I ordered drapes, but when they came, we opened the box and there was
a big slub, a flaw in the fabric, so we didn't even take them out of
the box, so we'll just keep the ones we have, for now.... Oh, wait, did I say "drapes"? No, not drapes. I meant to say "a baby". |
Aren't we entitled to perfection, especially when we've waited all this time, and sometimes padi good money?
Thankfully, not always.
But the goddess of Medicine may have found a new way to keep the little woman from making "mistakes."
(Laudata si, Angitia! )
What kind of mistakes, you ask?
the baby has spina bifida. Knowing that this is one of the conditions easily detected during pregnancy, I asked if the couple had known about it. “Oh yes,” he said. And of course they were immediately offered a termination. They refused. I should add that the young couple referred to have no religious beliefs. But this was their first baby and they were instinctively determined to hold on to her. The latest news is that she was operated on almost straight after her birth to close the gap in her spine, and she is now “kicking vigorously” – a hopeful sign for the future.Phillips goes onto speak of the trauma and depression mothers who abort for such reason are subject to, and the push to prevent relevant stats from being bruited about.

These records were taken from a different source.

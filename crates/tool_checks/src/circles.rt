//! Warnings of includes that come back to a script that is still running, and of those that lead too deep.

use crate::told::Told;
use rule_folders::Reached;
use std::alloc::{AllocError, Global};
use tool_console::{Failure, push_place, write_line};
use tool_findings::{Circle, Edge, Includes, includes_of};
use tool_texts::{Shown, put};

/// Adds the path of a script, as it is shown.
fn push_path(text: &mut Shown, reached: &Reached, script: usize) -> Result<(), AllocError> {
    text.named(reached.path(script).as_bytes())
}

/// Adds the paths of scripts, each of which includes the next one.
fn push_including(
    text: &mut Shown,
    reached: &Reached,
    scripts: &[usize],
) -> Result<(), AllocError> {
    for script in scripts {
        push_path(text, reached, *script)?;
        text.words(" includes ")?;
    }
    Ok(())
}

/// Adds the scripts of a circle in words, each of which includes the next one, beginning at a place among them.
fn push_chain(
    text: &mut Shown,
    reached: &Reached,
    scripts: &[usize],
    from: usize,
) -> Result<(), AllocError> {
    let (before, after) = scripts.split_at(from.min(scripts.len()));
    push_including(text, reached, after)?;
    push_including(text, reached, before)?;
    push_path(text, reached, scripts.get(from).copied().unwrap_or(0))
}

/// The place of the script of a circle whose path is the first of all in byte order.
fn first_of(reached: &Reached, scripts: &[usize]) -> usize {
    let mut first: usize = 0;
    for (place, script) in scripts.iter().enumerate() {
        let least = scripts.get(first).copied().unwrap_or(0);
        if reached.path(*script) < reached.path(least) {
            first = place;
        }
    }
    first
}

/// The scripts of a circle in words, which are the same from whichever script the circle was found.
fn name_of(alloc: Global, reached: &Reached, circle: &Circle) -> Result<Shown, AllocError> {
    let scripts = circle.scripts.as_slice();
    let mut name = Shown::new(alloc);
    push_chain(&mut name, reached, scripts, first_of(reached, scripts))?;
    Ok(name)
}

/// Writes the warning of a circle, with its place.
fn write_warning(rt: &HostRuntime, reached: &Reached, circle: &Circle) -> Result<(), Failure> {
    let last = circle.scripts.last().copied().unwrap_or(0);
    let mut line = Shown::new(rt.alloc());
    push_place(&mut line, reached.path(last), reached.text(last), circle.at)?;
    line.words("warning: this include comes back: ")?;
    push_chain(&mut line, reached, circle.scripts.as_slice(), 0)?;
    write_line(rt, &mut line)
}

/// Writes the warning of a circle, unless it was told before.
fn warn_once(
    rt: &HostRuntime,
    reached: &Reached,
    circle: &Circle,
    told: &mut Told,
) -> Result<(), Failure> {
    let name = name_of(rt.alloc(), reached, circle)?;
    if told.is_new(name.as_str().as_bytes())? {
        write_warning(rt, reached, circle)?;
    }
    Ok(())
}

/// Writes the warning of nine scripts inside one another, where the eighth names the ninth, unless it was told before.
fn warn_of_depth(
    rt: &HostRuntime,
    reached: &Reached,
    includes: &Includes,
    told: &mut Told,
) -> Result<(), Failure> {
    let Some(last) = includes.chain.last().copied() else {
        return Ok(());
    };
    let mut chain = Shown::new(rt.alloc());
    for link in includes.chain.iter() {
        push_path(&mut chain, reached, link.script)?;
        chain.words(" includes ")?;
    }
    push_path(&mut chain, reached, includes.ninth)?;
    if !told.is_new(chain.as_str().as_bytes())? {
        return Ok(());
    }
    let mut line = Shown::new(rt.alloc());
    push_place(
        &mut line,
        reached.path(last.script),
        reached.text(last.script),
        last.at,
    )?;
    put!(line;
        "warning: nine scripts would run inside one another here, and eight may: " text(&chain)
    )?;
    write_line(rt, &mut line)
}

/// Writes a warning for each include that comes back to a script that is still running, and for one that would make nine
/// scripts run inside one another, by the includes of the scripts that are reached. What was told before, from whichever
/// script, is not told again.
pub fn warn_of_includes(
    rt: &HostRuntime,
    reached: &Reached,
    edges: &[Vec<Edge>],
    told: &mut Told,
) -> Result<(), Failure> {
    let includes = includes_of(rt.alloc(), edges)?;
    for circle in includes.circles.iter() {
        warn_once(rt, reached, circle, told)?;
    }
    warn_of_depth(rt, reached, &includes, told)
}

Events like this happen all the time. An amniocentesis or other test is administered during pregnancy, a serious (or occasionally not so serious, like a cleft lip or club foot) condition is picked up and then the couple is offered the “solution” – a quick termination; problem solved. Some parents reject it, not necessarily for religious reasons, but because they listen to the older, deeper, wiser instincts of the heart: this is our baby; we will love him/her, whatever the future holds. Others, less confident, more vulnerable to all the medical and emotional pressure put on them, believing the propaganda of a bleak future for them and their baby, succumb to what is seen as a routine medical procedure.

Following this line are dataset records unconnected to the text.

//! A script in a file, judged.

use crate::circles::warn_of_includes;
use crate::reached::{Start, reached_from, read_script_text};
use crate::refusals::{Kind, Refusals};
use crate::told::Told;
use crate::warnings::warn_of_names;
use class_plan::Plan;
use command_lines::tools::Folders;
use rule_folders::{GLOBAL, Reached, SCRIPT_ENDING};
use std::alloc::AllocError;
use tool_console::{Failure, Verdict, is_there, paths_in};
use tool_findings::{Finding, Report, judge, push_words};
use tool_texts::{Shown, place_of, put};

/// What is said where more may be found than is told.
const MORE: &str = "more is not looked for before these are mended";

/// What a script is to run among.
#[derive(Clone, Copy)]
pub struct Surroundings<'a> {
    /// The plan; none where the command line names none.
    pub plan: Option<&'a Plan>,
    pub folders: Folders<'a>,
}

/// Adds a finding, with what it says.
fn add_finding(
    refusals: &mut Refusals,
    path: &str,
    text: &[u8],
    finding: &Finding,
) -> Result<(), AllocError> {
    let mut words = Shown::new(refusals.allocator());
    push_words(&mut words, text, finding)?;
    let place = place_of(text, finding.place);
    refusals.add(path, Some(place), Kind::Refused(finding.number), words)
}

/// Adds all findings of a report, the verdict first.
fn add_report(
    refusals: &mut Refusals,
    path: &str,
    text: &[u8],
    report: &Report,
) -> Result<(), AllocError> {
    add_finding(refusals, path, text, &report.verdict)?;
    for finding in report.others.iter() {
        add_finding(refusals, path, text, finding)?;
    }
    if !report.is_all {
        refusals.add_note(path, MORE)?;
    }
    Ok(())
}

/// Judges the text of a script. What is wrong with it is added to what is found.
pub fn judge_script(
    refusals: &mut Refusals,
    path: &str,
    text: &[u8],
) -> Result<Verdict, AllocError> {
    match judge(refusals.allocator(), text)? {
        Some(report) => {
            add_report(refusals, path, text, &report)?;
            Ok(Verdict::Refused)
        }
        None => Ok(Verdict::Good),
    }
}

/// Judges a script that is reached, and what it names, unless it was judged before; and writes what is found.
fn judge_reached(
    rt: &HostRuntime,
    start: &Start<'_>,
    reached: &Reached,
    script: usize,
    around: &Surroundings<'_>,
    told: &mut Told,
) -> Result<Verdict, Failure> {
    let path = reached.path(script);
    if !told.is_unjudged(path)? {
        return Ok(Verdict::Good);
    }
    let mut refusals = Refusals::new(rt.alloc());
    let text = reached.text(script);
    if let Verdict::Refused = judge_script(&mut refusals, path, text)? {
        refusals.write_lines(rt)?;
        return Ok(Verdict::Refused);
    }
    warn_of_names(rt, start, path, text, around, told)
}

/// Judges all scripts that are reached.
fn judge_all(
    rt: &HostRuntime,
    start: &Start<'_>,
    reached: &Reached,
    around: &Surroundings<'_>,
    told: &mut Told,
) -> Result<Verdict, Failure> {
    let mut verdict = Verdict::Good;
    for script in 0..reached.scripts().len() {
        if let Verdict::Refused = judge_reached(rt, start, reached, script, around, told)? {
            verdict = Verdict::Refused;
        }
    }
    Ok(verdict)
}

/// Judges a script with all that it reaches by its includes; gives which scripts these are.
fn check_reached(
    rt: &HostRuntime,
    start: &Start<'_>,
    around: &Surroundings<'_>,
    told: &mut Told,
) -> Result<(Verdict, Reached), Failure> {
    let (reached, edges) = reached_from(rt, start)?;
    let verdict = judge_all(rt, start, &reached, around, told)?;
    warn_of_includes(rt, &reached, edges.as_slice(), told)?;
    Ok((verdict, reached))
}

/// Judges a script that is known by a name, with each script that it reaches by its includes and that was not judged
/// before. What is wrong is written to standard output: refusals, scripts that are not there and, where a plan is named,
/// classes that it does not have or that are closed. Warnings, which change no verdict, are of includes that come back or lead
/// too deep, and of fields that no message can have.
pub fn check_script(
    rt: &HostRuntime,
    path: &str,
    name: &[u8],
    around: &Surroundings<'_>,
    told: &mut Told,
) -> Result<Verdict, Failure> {
    let start = Start {
        path,
        name,
        folders: around.folders,
    };
    let (verdict, _) = check_reached(rt, &start, around, told)?;
    Ok(verdict)
}

/// Writes a warning of each script of an officer that the program does not reach.
fn warn_of_unused(
    rt: &HostRuntime,
    folder: &str,
    main: &str,
    reached: &Reached,
) -> Result<(), Failure> {
    for path in paths_in(rt, folder, SCRIPT_ENDING)? {
        if !reached.has(path.as_str()) {
            warn_unused(rt, path.as_str(), main)?;
        }
    }
    Ok(())
}

/// Writes the warning of a script that is unused, with its refusal if there is one.
fn warn_unused(rt: &HostRuntime, path: &str, main: &str) -> Result<(), Failure> {
    let text = read_script_text(rt, path)?;
    let mut words = Shown::new(rt.alloc());
    unused_words(
        &mut words,
        main,
        judge(rt.alloc(), &text)?.map(|report| report.verdict.number),
    )?;
    let mut refusals = Refusals::new(rt.alloc());
    refusals.add(path, None, Kind::Note, words)?;
    refusals.write_lines(rt)
}

/// Adds that a program does not reach a script, with the number by which that is refused, if it is.
fn unused_words(words: &mut Shown, main: &str, number: Option<u8>) -> Result<(), AllocError> {
    put!(words; "warning: " named(main.as_bytes()) " does not reach this script")?;
    match number {
        Some(number) => put!(words; ", which is refused (" value(&number) ")"),
        None => Ok(()),
    }
}

/// Writes the warning of a script for all officers that is refused and was not judged, if it is one.
fn warn_of_global(rt: &HostRuntime, path: &str, told: &mut Told) -> Result<(), Failure> {
    if !told.is_unjudged(path)? {
        return Ok(());
    }
    let text = read_script_text(rt, path)?;
    let Some(report) = judge(rt.alloc(), &text)? else {
        return Ok(());
    };
    let mut words = Shown::new(rt.alloc());
    put!(words;
        "warning: no script that was checked reaches this one, which is refused ("
        value(&report.verdict.number) ")")?;
    let mut refusals = Refusals::new(rt.alloc());
    refusals.add(path, None, Kind::Note, words)?;
    refusals.write_lines(rt)
}

/// Warns of each script for all officers in a folder of all rules that is refused, and that no script reaches that was
/// judged before.
pub fn warn_of_globals(rt: &HostRuntime, folder: &str, told: &mut Told) -> Result<(), Failure> {
    let folder = folder.strip_suffix('/').unwrap_or(folder);
    let global = format!(in rt.alloc(); "{folder}/{GLOBAL}")?;
    if !is_there(rt, global.as_str()) {
        return Ok(());
    }
    for path in paths_in(rt, global.as_str(), SCRIPT_ENDING)? {
        warn_of_global(rt, path.as_str(), told)?;
    }
    Ok(())
}

/// Judges the program of an officer as `check_script` does, and warns of each script of the officer that it does not
/// reach.
pub fn check_officer(
    rt: &HostRuntime,
    main: &str,
    around: &Surroundings<'_>,
    told: &mut Told,
) -> Result<Verdict, Failure> {
    let start = Start {
        path: main,
        name: b"main",
        folders: around.folders,
    };
    let (verdict, reached) = check_reached(rt, &start, around, told)?;
    if let Some(folder) = around.folders.personal {
        warn_of_unused(rt, folder, main, &reached)?;
    }
    Ok(verdict)
}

I mention all this because of the recent headline in the Telegraph: “Blood test for Down’s babies may save lives.” My heart always sinks when I read this kind of news – an odd response really, given the brilliant medical breakthroughs of the last 50 years which have saved countless lives. But I have a daughter with Down’s syndrome and I know that this new blood test is never intended to save the lives of babies like her; indeed it will probably prove to be a more efficient way of weeding out such babies earlier in pregnancy. The babies who will be “saved” are all those who die by misadventure from miscarriage due to the nature of the tests. Apparently there are 300 such babies lost every year in this country. According to Professor Lyn Chitty from the UCL Institute of Child Health and Great Ormond Street Hospital: “There will be significant savings resulting from a decrease in invasive testing while increasing the detection of affected babies. [It] also means there will be a reduction in miscarriages and loss of unaffected babies which is much better for parents.”
Even when studies that note ill effects of abortion on women, or absence of ill effects on women who don't have abortions are publicized, I find the denial astounding.

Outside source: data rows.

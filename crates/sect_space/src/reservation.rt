// Changes of reservations.

ghost use Rattle.std.specs.Prelude.{◌≡◌, IfOk, OnErr};
ghost use Rattle.sect_model.specs.Fits.{Fits};
ghost use Rattle.sect_space.specs.Made.{Made, Unchanged, Taken, Ready};
ghost use Rattle.sect_space.specs.Parts.{roomed_of};

use crate::back::Back;
use crate::parts::Parts;
use sect_base::{Day, Memory, OfferingId, ReservationId};
use sect_model::Change;
use sect_reserve::Reservation;

impl Parts {
    /// Adds a reservation of a new id. Where memory runs out, nothing is changed.
    pub fn add_reservation(&mut self, row: Reservation) -> Result<Back, Memory>
        requires { Fits (roomed_of self.old).world (Change.Reserve row) }
        ensures ok { IfOk result (λ back. Made (roomed_of self.old) (roomed_of self.new) (Change.Reserve row) back) }
        ensures err { OnErr result (Unchanged (roomed_of self.old) (roomed_of self.new)) }
    {
        let back = Back::ReservationAdded(row.id, row.offering);
        self.reservations.insert(row)?;
        Ok(back)
    }

    /// Takes the reservation off again. It is there.
    pub fn take_reservation(&mut self, id: ReservationId, offering: OfferingId)
        requires { Ready (roomed_of self.old) (Back.ReservationAdded id offering) }
        ensures { Taken (roomed_of self.old) (roomed_of self.new) (Back.ReservationAdded id offering) }
    {
        let _ = offering;
        let _ = self.reservations.remove(id);
    }

    /// Removes a reservation that is there. It takes no memory.
    pub fn remove_reservation(&mut self, id: ReservationId) -> Back
        requires { Fits (roomed_of self.old).world (Change.Unreserve id) }
        ensures { Made (roomed_of self.old) (roomed_of self.new) (Change.Unreserve id) result }
    {
        let (place, row) = self.reservations.remove(id);
        Back::ReservationRemoved(place, row)
    }

    /// Puts a reservation back where it stood. There is room.
    pub fn put_reservation_back(&mut self, place: usize, row: Reservation)
        requires { Ready (roomed_of self.old) (Back.ReservationRemoved place row) }
        ensures { Taken (roomed_of self.old) (roomed_of self.new) (Back.ReservationRemoved place row) }
    {
        self.reservations.put_back(place, row);
    }

    /// Puts another expiry day, or none, in place of the old one. It takes no memory.
    pub fn put_expiry(&mut self, id: ReservationId, expiry: Option<Day>) -> Back
        requires { Fits (roomed_of self.old).world (Change.Expiry id expiry) }
        ensures { Made (roomed_of self.old) (roomed_of self.new) (Change.Expiry id expiry) result }
    {
        let offering = self.reservation_offering(id);
        let old = self.reservations.set_expiry(id, expiry);
        Back::ExpiryReplaced(id, offering, old)
    }

    /// Puts the old expiry day back. The reservation is there.
    pub fn restore_expiry(
        &mut self,
        id: ReservationId,
        offering: Option<OfferingId>,
        expiry: Option<Day>,
    )
        requires { Ready (roomed_of self.old) (Back.ExpiryReplaced id offering expiry) }
        ensures { Taken (roomed_of self.old) (roomed_of self.new) (Back.ExpiryReplaced id offering expiry) }
    {
        let _ = offering;
        let _ = self.reservations.set_expiry(id, expiry);
    }
}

The NYTimes had a ludicrous piece where they noted that while, yes, women who sought abortions and were denied them later report being happy with how things turned out, they simply MUST have been hiding their true feelings, trying to put a good face on things, pretending they were okay when they weren't!
(Whereas women who have abortions, and later declare themselves happy? can you imagine the outcry if the author had suggested that THAT group was hiding their true feelings, trying to put a good face on things, and pretending they were okay when they weren't?)